Task to carry out:
Search the entries for the word "OpenFits". Copy each line in which it is found.

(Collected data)

//! Reading a tree line by line.
ghost use Rattle.std.specs.Prelude.{◌≡◌, ◌++◌, ◌∷◌, [], ◌<◌, ◌≤◌, IfOk, IfErr, OnErr, OnOk, length};
ghost use Rattle.ts_model.specs.Texts.{IsBytes, IsTreeBody, tree_lines, tree_row_lines};
ghost use Rattle.ts_model.specs.declared.row.Content.TheVariants.{File};
ghost use Rattle.ts_tree.specs.Faults.{Refuses};
ghost use Rattle.ts_tree.specs.Fields.{dir_line};
ghost use Rattle.ts_tree.specs.Readers.{BeginsNoTree, MayCome, OpenFits, SpellsNoTree, open_lines};
ghost use Rattle.ts_tree.specs.declared.fault.TreeFault.TheVariants as fault;

use crate::data::{LINE_BYTES, read_data};
use crate::fault::TreeFault;
use crate::field::{Head, head_of};
use crate::tree::Tree;
use std::alloc::Global;
use std::marker::Model;
use std::mem;
use ts_model::items::Items;
use ts_model::row::{Content, Row};
use ts_name::Path;

/// A file of which some lines are still to come.
#[derive(Drop)]
pub(crate) struct OpenFile {
    path: Path,
    size: u64,
    bytes: Vec<u8>,
}

/// Takes the lines of a tree one after another, and gives the tree.
///
/// No room is taken for the size that a line gives: bytes are kept as they come.
pub struct TreeReader {
    tree: Tree,
    open: Option<OpenFile>,
}

/// Written out, so that a proof of what drops one stays short.
impl Drop for TreeReader {
    fn drop(self) {
        let TreeReader { tree, open } = self;
        drop(tree);
        drop(open);
    }
}

impl Model for TreeReader {
    ghost use Rattle.std.specs.Prelude.{List, ℕ, ◌++◌};
    ghost use Rattle.ts_model.specs.Texts.{IsTreeBody, tree_lines};
    ghost use Rattle.ts_tree.specs.Readers.{MayBeOpen, open_lines};

    ghost Value = { List (List ℕ) };

    ghost view = { λ r. tree_lines r.tree ++ open_lines r.open };

    ghost invariant = { λ r. IsTreeBody r.tree × MayBeOpen r.tree r.open };
}

impl TreeReader {
    /// No line was taken yet. It takes no memory.
    pub fn new(alloc: Global) -> Self
        ensures { result ≡ [] }
    {
        TreeReader {
            tree: Tree::empty(alloc),
            open: None,
        }
    }

    /// Takes the next line, given without its line feed. After a fault no line is taken, as in a new reader.
    pub fn line(&mut self, alloc: Global, line: &[u8]) -> Result<(), TreeFault>
        ensures taken { OnOk result (self.new ≡ self.old ++ line.now ∷ []) }
        ensures refused { IfErr result (Refuses (BeginsNoTree (self.old ++ line.now ∷ []))) }
        ensures err { OnErr result (self.new ≡ []) }
    {
        let reader = mem::replace(self, TreeReader::new(alloc));
        *self = reader.with_line(alloc, line)?;
        Ok(())
    }

    fn with_line(self, alloc: Global, line: &[u8]) -> Result<Self, TreeFault>
        ensures taken { IfOk result (λ reader. reader ≡ self ++ line.now ∷ []) }
        ensures refused { IfErr result (Refuses (BeginsNoTree (self ++ line.now ∷ []))) }
    {
        let TreeReader { tree, open } = self;
        match open {
            None => begin_row(alloc, tree, line),
            Some(file) => go_on(tree, file, line),
        }
    }

    /// The tree whose lines were taken. It takes no memory.
    pub fn finish(self) -> Result<Tree, TreeFault>
        ensures found { IfOk result (λ tree. IsTreeBody tree × (tree_lines tree ≡ self)) }
        ensures refused { IfErr result (λ e. (e ≡ fault.NotCanonical) × SpellsNoTree self) }
    {
        let TreeReader { tree, open } = self;
        match open {
            None => Ok(tree),
            Some(_) => Err(TreeFault::NotCanonical),
        }
    }
}

/// Takes the first line of a row.
fn begin_row(alloc: Global, tree: Tree, line: &[u8]) -> Result<TreeReader, TreeFault>
    requires { IsTreeBody tree }
    ensures taken { IfOk result (λ reader. reader ≡ tree_lines tree ++ line.now ∷ []) }
    ensures refused { IfErr result (Refuses (BeginsNoTree (tree_lines tree ++ line.now ∷ []))) }
{
    let (path, head) = head_of(alloc, line)?;
    if !tree.may_push(&path) {
        return Err(TreeFault::NotCanonical);
    }
    match head {
        Head::Dir => with_dir(tree, path),
        Head::File(0) => with_file(tree, path, Vec::new(alloc)),
        Head::File(size) => Ok(TreeReader {
            tree,
            open: Some(OpenFile {
                path,
                size,
                bytes: Vec::new(alloc),
            }),
        }),
    }
}

/// Takes the next line of a file.
fn go_on(tree: Tree, file: OpenFile, line: &[u8]) -> Result<TreeReader, TreeFault>
    requires tree { IsTreeBody tree }
    requires open { OpenFits tree file }
    ensures taken { IfOk result (λ reader. reader ≡ (tree_lines tree ++ open_lines (Some file)) ++ line.now ∷ []) }
    ensures refused { IfErr result (Refuses (BeginsNoTree ((tree_lines tree ++ open_lines (Some file)) ++ line.now ∷ []))) }
{
    let OpenFile {
        path,
        size,
        mut bytes,
    } = file;
    let left = size - bytes.len() as u64;
    let count = left.min(LINE_BYTES as u64) as usize;
    read_data(&mut bytes, line, count)?;
    if left > LINE_BYTES as u64 {
        return Ok(TreeReader {
            tree,
            open: Some(OpenFile { path, size, bytes }),
        });
    }
    with_file(tree, path, bytes)
}

/// Adds a directory, which is whole at once.
fn with_dir(tree: Tree, path: Path) -> Result<TreeReader, TreeFault>
    requires tree { IsTreeBody tree }
    requires next { MayCome tree path }
    ensures taken { IfOk result (λ reader. reader ≡ tree_lines tree ++ dir_line path ∷ []) }
    ensures fault { IfErr result (λ e. e ≡ fault.OutOfMemory) }
{
    let tree = tree.with_row(Row {
        path,
        content: Content::Dir,
    })?;
    Ok(TreeReader { tree, open: None })
}

/// Adds a file that is whole.
fn with_file(tree: Tree, path: Path, bytes: Vec<u8>) -> Result<TreeReader, TreeFault>
    requires tree { IsTreeBody tree }
    requires next { MayCome tree path }
    requires bytes { IsBytes bytes.items }
    ensures taken { IfOk result (λ reader. reader ≡ tree_lines tree ++ tree_row_lines path (File bytes.items)) }
    ensures fault { IfErr result (λ e. e ≡ fault.OutOfMemory) }
{
    let tree = tree.with_row(Row {
        path,
        content: Content::File(Items::new(bytes)),
    })?;
    Ok(TreeReader { tree, open: None })
}
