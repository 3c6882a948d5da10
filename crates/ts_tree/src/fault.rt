ghost use Rattle.std.specs.Prelude.{◌≡◌};
ghost use Rattle.ts_tree.specs.Faults.{fault_number};

use std::alloc::{AllocError, AllocFailed};
use thiserror::Error;
use ts_table::TableFault;
use ts_text::TextFault;

/// Why a tree can't be read, written or changed.
#[derive(Clone, Copy, Debug, PartialEq, Eq, Error)]
pub enum TreeFault {
    /// Memory ran out.
    #[error("out of memory")]
    OutOfMemory,
    /// A path would be too long or too deep.
    #[error("a path is too long or too deep")]
    TooLong,
    /// The reader or the writer failed.
    #[error("the reader or the writer failed")]
    Failed,
    /// The text spells no tree.
    #[error("not canonical")]
    NotCanonical,
}

impl TreeFault {
    /// The number that the fault is reported by.
    pub fn number(&self) -> u8
        ensures { result ≡ fault_number self.now }
    {
        match self {
            TreeFault::OutOfMemory => 1,
            TreeFault::TooLong => 4,
            TreeFault::Failed => 5,
            TreeFault::NotCanonical => 6,
        }
    }
}

impl From<AllocError> for TreeFault {
    ghost use Rattle.std.specs.Prelude.{◌≡◌};
    ghost use Rattle.ts_tree.specs.declared.fault.TreeFault.TheVariants.{OutOfMemory};

    ghost from_gives = { λ _ e. e ≡ OutOfMemory };

    fn from(_e: AllocError) -> TreeFault {
        TreeFault::OutOfMemory
    }
}

impl<T: Drop> From<AllocFailed<T>> for TreeFault {
    ghost use Rattle.std.specs.Prelude.{◌≡◌};
    ghost use Rattle.ts_tree.specs.declared.fault.TreeFault.TheVariants.{OutOfMemory};

    ghost from_gives = { λ _ e. e ≡ OutOfMemory };

    fn from(_e: AllocFailed<T>) -> TreeFault {
        TreeFault::OutOfMemory
    }
}

impl From<TextFault> for TreeFault {
    ghost use Rattle.std.specs.Prelude.{◌≡◌};
    ghost use Rattle.ts_tree.specs.Decoding.{fault_of_text};

    ghost from_gives = { λ t e. e ≡ fault_of_text t };

    fn from(e: TextFault) -> TreeFault {
        match e {
            TextFault::OutOfMemory => TreeFault::OutOfMemory,
            TextFault::Failed => TreeFault::Failed,
            TextFault::NotCanonical => TreeFault::NotCanonical,
        }
    }
}

impl From<TableFault> for TreeFault {
    ghost use Rattle.std.specs.Prelude.{◌≡◌};
    ghost use Rattle.ts_tree.specs.Faults.{fault_of_table};

    ghost from_gives = { λ t e. e ≡ fault_of_table t };

    fn from(e: TableFault) -> TreeFault {
        match e {
            TableFault::OutOfMemory => TreeFault::OutOfMemory,
            TableFault::TooLong => TreeFault::TooLong,
        }
    }
}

Result for this exercise:
ghost use Rattle.ts_tree.specs.Readers.{BeginsNoTree, MayCome, OpenFits, SpellsNoTree, open_lines};
    requires open { OpenFits tree file }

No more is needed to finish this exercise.